Created on: January 30, 2008   Last Updated: January 23, 2012

It depends on the quality of water coming out of your tap. Filtering our tap water definitely improves the taste of our food, tea and coffee. It also prevents kettles and the coffee maker from furring up and makes a famous local delicacy of Scummy Tea  a thing of the past.

Our home lies in the Chiltern Downs, north of London. Here in the English heartlands, the rolling chalk hills are a classic English landscape and picture book pretty. But our water is pumped up from an aquifer in the chalk. It contains lots of dissolved chalk and it is very hard. We have used a water filter for 15 years for all our drinking and cooking. We have to use special cartridges for hard water. The dissolved chalk is not a health hazard but it furs up pipes and appliances and it definitely affects the taste of any food and drink prepared with it. Everything tastes sharp, especially if you are not used to it.

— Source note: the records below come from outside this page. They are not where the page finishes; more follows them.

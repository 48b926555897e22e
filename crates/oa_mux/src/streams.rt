//! Demultiplexing the frames of many clients.
ghost use Rattle.std.specs.Prelude.{◌≡◌, ◌<◌, ◌≤◌, ◌+◌, ◌++◌, [], false, length, take, IfOk, IfSome, OnErr};
ghost use Rattle.oa_mux.specs.promise.Frames.{InHead, begun};
ghost use Rattle.oa_mux.specs.Frames.{SaysSome};
ghost use Rattle.oa_mux.specs.promise.Marks.{tag_all};
ghost use Rattle.oa_mux.specs.Shared.{Begins, BringsRecord, IsHeads, IsRecordFrame, TakesSome, TellsUnknown, arrived};
ghost use Rattle.oa_mux.specs.Shared.{is_unknown};
ghost use Rattle.oa_mux.specs.promise.Shared.{Demultiplexes, IsClients, Rises, reads_nothing, starting};
ghost use Rattle.oa_mux.specs.Steps.{EndsLowest, brought, brought_last};
ghost use Rattle.oa_mux.specs.promise.Talking.{input_end};

use crate::{ClientItem, ClientStep, Clients, FrameHead, SessionEnd, WholeRecord};
use oa_frame::End;
use std::alloc::{AllocError, Global};
use std::marker::Model;

/// The first item in some frames.
#[derive(Drop)]
pub enum DemuxItem<'a> {
    /// Nothing whole.
    Nothing,
    /// A body of this client.
    Body(u32, WholeRecord<'a>),
    /// The end of this client's stream.
    Ends(u32, End),
    /// *Now*: held requests of all clients are to be committed and answered.
    Flush,
    /// An invalid head: everything after it is ignored.
    Unknown,
}

/// The consumed first bytes of some frames.
#[derive(Drop)]
pub struct DemuxStep<'a> {
    /// The number of bytes that were consumed.
    pub count: usize,
    /// The item that the last of them completes.
    pub arrived: DemuxItem<'a>,
}

/// One stream of the frames of many clients, demultiplexed as its bytes come.
#[derive(Drop)]
pub struct Demux {
    clients: Clients,
    /// The bytes of an incomplete head.
    head: [u8; 8],
    have: usize,
    /// The client of a frame, and the number of its bytes that are still to come.
    client: u32,
    left: u32,
    broken: bool,
}

impl Model for Demux {
    ghost use Rattle.std.specs.Prelude.{◌<◌, ◌≤◌};
    ghost use Rattle.oa_mux.specs.promise.Shared.{SharedState};
    ghost use Rattle.oa_mux.specs.Shared.{frame_place};

    ghost Value = { SharedState };

    ghost view = { λ s. record { place = frame_place s.broken s.left s.client s.have s.head; clients = s.clients } };

    ghost invariant = { λ s. s.have < 8 };
}

impl Demux {
    /// Makes a stream before its first byte. Allocates nothing.
    pub fn new(alloc: Global) -> Demux
        ensures { result ≡ starting }
    {
        Demux {
            clients: Clients::new(alloc),
            head: [0; 8],
            have: 0,
            client: 0,
            left: 0,
            broken: false,
        }
    }

    /// Consumes a prefix of `bytes` up to the end of the first item, or all bytes. Returns the
    /// number of consumed bytes and the item. An item is a record, a client's end, a *now* or an
    /// invalid head. After an invalid head everything is ignored. Err: an allocation for a client's
    /// bytes failed; nothing was consumed, and the call may be repeated.
    pub fn take<'a>(&mut self, bytes: &'a [u8]) -> Result<DemuxStep<'a>, AllocError>
        requires { 0 < length bytes.now }
        ensures taken { IfOk result (λ t. TakesSome t.count (length bytes.now)) }
        ensures asks { IfOk result (λ t. Demultiplexes self.old (take t.count bytes.now) (arrived t.arrived) self.new) }
        ensures unknown { IfOk result (λ t. TellsUnknown t.arrived self.old.place (take t.count bytes.now)) }
        ensures err { OnErr result (Demultiplexes self.old [] [] self.new) }
        ensures within { OnErr result (IsClients self.old.place) }
    {
        if self.broken {
            return Ok(DemuxStep {
                count: bytes.len(),
                arrived: DemuxItem::Nothing,
            });
        }
        if self.left != 0 {
            return self.take_within(bytes);
        }
        Ok(self.take_head(bytes))
    }

    /// Returns the client of the frame at the front of `bytes`, and the frame's length in bytes
    /// with its head. The frame must be whole and contain one whole record, and the client be
    /// present and between two records; otherwise None. Such a record can be answered in place: the
    /// stream after it is as it was before it.
    pub fn whole_record(&self, bytes: &[u8]) -> Option<(u32, usize)>
        ensures { IfSome result (λ f. BringsRecord self.now bytes.now f.0 f.1) }
    {
        if self.broken || self.left != 0 || self.have != 0 {
            return None;
        }
        let (client, count) = record_frame(bytes)?;
        if self.clients.is_between(client) {
            Some((client, count))
        } else {
            None
        }
    }

    /// Returns the number of clients.
    pub(crate) fn count(&self) -> usize
        ensures { result ≡ length self.now.clients }
    {
        self.clients.len()
    }

    /// Does nothing; its contract states that the numbers of the clients rise.
    pub(crate) fn numbers_rise(&self)
        ensures { Rises self.now.clients }
    {
        self.clients.numbers_rise();
    }

    /// Removes the client with the lowest number, after the last bytes have come. Returns its
    /// number and how its stream ended: `Closed` between two records, `Cut` inside one, None if it
    /// had ended before. Returns None if there is no client. Allocates nothing.
    pub fn last(&mut self) -> Option<(u32, Option<End>)>
        ensures { EndsLowest result self.old.clients self.new.clients }
    {
        self.clients.end_lowest()
    }

    /// Returns whether an invalid head was read.
    pub(crate) fn reads_nothing(&self) -> bool
        ensures { result ≡ reads_nothing self.now.place }
    {
        self.broken
    }

    /// Returns how the session ends if no more bytes come.
    pub(crate) fn end_of_input(&self) -> SessionEnd
        ensures { result ≡ input_end self.now.place }
    {
        if self.broken {
            return SessionEnd::Unknown;
        }
        if self.left != 0 {
            return SessionEnd::Cut;
        }
        if self.head[..self.have].is_empty() {
            SessionEnd::Closed
        } else {
            SessionEnd::Cut
        }
    }

    /// Consumes bytes of the frame whose head was read. Err: an allocation failed, and nothing was
    /// consumed.
    fn take_within<'a>(&mut self, bytes: &'a [u8]) -> Result<DemuxStep<'a>, AllocError>
        requires some { 0 < length bytes.now }
        requires within { IsClients self.old.place }
        ensures taken { IfOk result (λ t. TakesSome t.count (length bytes.now)) }
        ensures asks { IfOk result (λ t. Demultiplexes self.old (take t.count bytes.now) (arrived t.arrived) self.new) }
        ensures unknown { IfOk result (λ t. TellsUnknown t.arrived self.old.place (take t.count bytes.now)) }
        ensures err { OnErr result (Demultiplexes self.old [] [] self.new) }
    {
        let client = self.client;
        let most = bytes.len().min(self.left as usize);
        let ClientStep { taken, what } = self.clients.step(client, &bytes[..most])?;
        self.left -= taken as u32;
        self.have = 0;
        Ok(DemuxStep {
            count: taken,
            arrived: of_client(client, what),
        })
    }

    /// Consumes bytes of a frame's head. If they complete it, returns its item.
    fn take_head<'a>(&mut self, bytes: &'a [u8]) -> DemuxStep<'a>
        requires some { 0 < length bytes.now }
        requires head { IsHeads self.old.place }
        ensures taken { TakesSome result.count (length bytes.now) }
        ensures asks { Demultiplexes self.old (take result.count bytes.now) (arrived result.arrived) self.new }
        ensures unknown { TellsUnknown result.arrived self.old.place (take result.count bytes.now) }
    {
        let have = self.have;
        let count = bytes.len().min(8 - have);
        let head = filled(self.head, have, &bytes[..count]);
        if have + count < 8 {
            self.head = head;
            self.have = have + count;
            return DemuxStep {
                count,
                arrived: DemuxItem::Nothing,
            };
        }
        self.have = 0;
        let arrived = self.begin(FrameHead::from_bytes(&head));
        DemuxStep { count, arrived }
    }

    /// Returns the item of a whole head, and sets the client and the length of the frame that
    /// follows.
    fn begin<'a>(&mut self, head: FrameHead) -> DemuxItem<'a>
        requires some { SaysSome head }
        requires head { self.old.place ≡ InHead [] }
        ensures begins { Begins head self.old (arrived result) self.new }
        ensures unknown { is_unknown result ≡ reads_nothing (begun head).1 }
    {
        match head {
            FrameHead::Bytes { client, count } => {
                self.client = client;
                self.left = count;
                DemuxItem::Nothing
            }
            FrameHead::Last(client) => last_of(client, self.clients.end(client)),
            FrameHead::Flush => DemuxItem::Flush,
            FrameHead::Unknown => {
                self.broken = true;
                DemuxItem::Unknown
            }
        }
    }
}

/// Returns the client of the frame at the front of `bytes`, and the frame's length in bytes with
/// its head. None unless the frame is whole and contains exactly one record.
fn record_frame(bytes: &[u8]) -> Option<(u32, usize)>
    ensures { IfSome result (λ f. IsRecordFrame bytes.now f.0 f.1) }
{
    let (head, rest) = bytes.split_first_chunk::<8>()?;
    let FrameHead::Bytes { client, count } = FrameHead::from_bytes(head) else {
        return None;
    };
    let (length, _) = rest.split_first_chunk::<4>()?;
    let count = count as usize;
    let n = u32::from_le_bytes(*length) as usize;
    if n == 0 || count != 4 + n || rest.len() < count {
        return None;
    }
    Some((client, 8 + count))
}

/// Returns the item with its client's number.
#[tactic(auto, unfolding(crate::specs::promise::Marks::tag_all))]
fn of_client<'a>(client: u32, what: ClientItem<'a>) -> DemuxItem<'a>
    ensures brings { arrived result ≡ tag_all client (brought what.entry) }
    ensures known { is_unknown result ≡ false }
{
    match what {
        ClientItem::Nothing => DemuxItem::Nothing,
        ClientItem::Body(record) => DemuxItem::Body(client, record),
        ClientItem::Ends(why) => DemuxItem::Ends(client, why),
    }
}

/// Returns the end of a client's stream with its number.
#[tactic(auto, unfolding(crate::specs::promise::Marks::tag_all))]
fn last_of<'a>(client: u32, why: Option<End>) -> DemuxItem<'a>
    ensures brings { arrived result ≡ tag_all client (brought_last why) }
    ensures known { is_unknown result ≡ false }
{
    match why {
        Some(why) => DemuxItem::Ends(client, why),
        None => DemuxItem::Nothing,
    }
}

/// Returns a head, of which `have` bytes had come, with `part` after these.
fn filled(mut head: [u8; 8], have: usize, part: &[u8]) -> [u8; 8]
    requires { have + length part.now ≤ 8 }
    ensures head { take (have + length part.now) result ≡ take have head ++ part.now }
    ensures len { length result ≡ 8 }
{
    head[have..have + part.len()].copy_from_slice(part);
    head
}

Visitors from outside of the area notice the taste immediately.

Now, I love coffee. In our kitchen there is an area dedicated to coffee making that would make a coffee shop manager cry. No way do I spend money in a coffee shop and neither do my friends. I am willing to pay for quality coffee when I can get hold of it. Blue Mountain Coffee is my definition of perfection. But there is no point in splashing out on quality coffee when the water affects the taste adversely. The hard water seems to kill the aroma as well. The loss of the beautiful coffee smell is enough to justify filtering the water on its own.

On summer days in these hills, you have to let the taps run for a while to get a glass of water that does not look like a glass of milk. Even then there is still plenty of chalk dissolved and when you boil the water a thin film of chalk floats on the surface. Unnoticeable until you use the water to make tea. Then the tannin in the tea stains the floating chalk brown, and the result the famous Chiltern Scummy Tea. Something tourists travel miles to avoid.

So we filter our water to get good coffee, no scummy tea and no furred appliances. Plus a bottle of filtered water kept in the fridge for making up fruit juice.